『春江水暖』で世界からも、もちろん僕からも注目された中国のグー・シャオガン監督の第2作。予告通りの山水画シリーズの第2作。だけどまるで前作とは違うタッチの作品になっていて、戸惑う。
お話はリアルではなくある種の寓話で、極端なデフォルメがなされている。だからお話に違和感を感じてなかなか受け入れ難い。リアルとシュールのバランスがわからないのだ。母親の地獄めぐりと彼女を救済するために息子もまたその地獄を体感する。それが美しい風景を背景にして描かれていく。

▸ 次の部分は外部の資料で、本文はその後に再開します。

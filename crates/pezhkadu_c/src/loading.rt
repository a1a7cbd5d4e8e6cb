// Loading a stage whose header and records stand in lent words.
ghost use Rattle.job.specs.Layout.{slices};
ghost use Rattle.run_loop.specs.Running.{lent_state};
ghost use Rattle.pezhkadu.specs.Loading.{LoadCalled};

use crate::number;
use job_parts::lent_job::LentJobMut;
use table_words::buffers::LentState;

// Loads the job of these bytes: its header and the records as they start out into words, the job, the table, the queue and the last registers into
// the other slices. The answer is 0, or the number of the refusal, and then nothing is changed: 15 where a slice is short, then the job's length (4),
// its fields in byte order, 2, 10, 11, 12.
#[unsafe(no_mangle)]
pub extern "C" fn pezhkadu_load(
    bytes: &[u8],
    header: &mut [u64],
    records: &mut [u64],
    j64: &mut [u64],
    j32: &mut [u32],
    j16: &mut [u16],
    j8: &mut [u8],
    jf: &mut [f32],
    ends: &mut [u64],
    rests: &mut [u64],
    queue: &mut [u64],
    last: &mut [u8],
) -> u64
    ensures { LoadCalled bytes.now header.old records.old (slices j64.old j32.old j16.old j8.old jf.old) (lent_state ends.old rests.old queue.old last.old) header.new records.new (slices j64.new j32.new j16.new j8.new jf.new) (lent_state ends.new rests.new queue.new last.new) result }
{
    let mut job = LentJobMut {
        j64,
        j32,
        j16,
        j8,
        jf,
    };
    let mut state = LentState { ends, rests, queue };
    number(pezhkadu::loading::pezhkadu_load(bytes, header, records, &mut job, &mut state, last))
}
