// Direct placements and evictions over a header and records that stand in lent words.
ghost use Rattle.std.specs.Float.{binary32};
ghost use Rattle.std.specs.Float.Ieee.{of_bits};
ghost use Rattle.job.specs.Layout.{slices};
ghost use Rattle.run_loop.specs.Running.{lent_state};
ghost use Rattle.allocator.specs.Calls.{placing};
ghost use Rattle.calls.specs.Calling.{sizes_of};
ghost use Rattle.words.specs.Words.{words_short};
ghost use Rattle.pezhkadu.specs.Calling.{Called, EvictCalled};

use crate::number;
use job_parts::lent_job::LentJob;
use table_words::buffers::LentState;

// Places the virtual register v in the register, with the weight of these binary32 bits. The answer is 0, or the number of the refusal, and then
// nothing is changed: 15 where a slice is short, 8 where there is no such number or register or v may not have it, 9 where the weight is infinite, no
// number or has the sign, 13 where v is not unassigned, 14 where the check reports anything.
#[unsafe(no_mangle)]
pub extern "C" fn pezhkadu_assign(
    header: &[u64],
    records: &mut [u64],
    v: u64,
    reg: u64,
    weight: u64,
    j64: &[u64],
    j32: &[u32],
    j16: &[u16],
    j8: &[u8],
    jf: &[f32],
    ends: &mut [u64],
    rests: &mut [u64],
    queue: &mut [u64],
    last: &mut [u8],
) -> u64
    ensures { Called (words_short header.now records.old) header.now (slices j64.now j32.now j16.now j8.now jf.now) (placing (sizes_of (slices j64.now j32.now j16.now j8.now jf.now) (lent_state ends.old rests.old queue.old last.old)) v reg (of_bits binary32 weight)) (lent_state ends.old rests.old queue.old last.old) records.old (lent_state ends.new rests.new queue.new last.new) records.new result }
{
    let job = LentJob {
        j64,
        j32,
        j16,
        j8,
        jf,
    };
    let mut state = LentState { ends, rests, queue };
    number(pezhkadu::direct::pezhkadu_assign(
        header, records, v, reg, weight, job, &mut state, last,
    ))
}

// Evicts the virtual register v, and stores the register that it held in the answer's first word. The answer is 0, or the number of the refusal, and
// then nothing is changed: 15 where a slice is short, 8 where there is no such number, 13 where v holds no register.
#[unsafe(no_mangle)]
pub extern "C" fn pezhkadu_evict(
    header: &[u64],
    records: &mut [u64],
    v: u64,
    j64: &[u64],
    j32: &[u32],
    j16: &[u16],
    j8: &[u8],
    jf: &[f32],
    ends: &mut [u64],
    rests: &mut [u64],
    queue: &mut [u64],
    last: &[u8],
    answer: &mut [u64],
) -> u64
    ensures { EvictCalled header.now (slices j64.now j32.now j16.now j8.now jf.now) v (lent_state ends.old rests.old queue.old last.now) records.old answer.old (lent_state ends.new rests.new queue.new last.now) records.new answer.new result }
{
    let job = LentJob {
        j64,
        j32,
        j16,
        j8,
        jf,
    };
    let mut state = LentState { ends, rests, queue };
    number(pezhkadu::direct::pezhkadu_evict(header, records, v, job, &mut state, last, answer))
}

杭州、西湖。湖畔のほとりの茶畑。湖畔の街。天国と地獄。
彼女はこの天上の茶畑にいた。ここで茶摘みの仕事をしていた。だが、この職場を不本意な理由から追い出された母は街のマルチ商法による悪徳業者に入る。自分が儲かることだけを追及してまず身内から騙す。変わってしまったそんな母をなんとかして助けよう、目覚めさせようとするけど、欲に目が眩み違法ビジネスに身を堕とした母を更生させるのは難しい。
後半は新興宗教のような集団内に入り、インチキ足下パットを売る母と対峙する息子と母親のドラマになる。暗くて重いだけでなく、お話に説得力がないから、映画に違和感を感じてしまう。これはある種の寓話だから、と思いつつも、話に乗り切れない。「釈迦の十大弟子のひとり、目連が地獄に堕ちた母親を救う物語『目連救母』現代版」とチラシにはあるけど、そういうパッケージングに無理矢理お話を押し込んだからなんだか不自由な映画になってしまったのか。僕には残念な一作だった。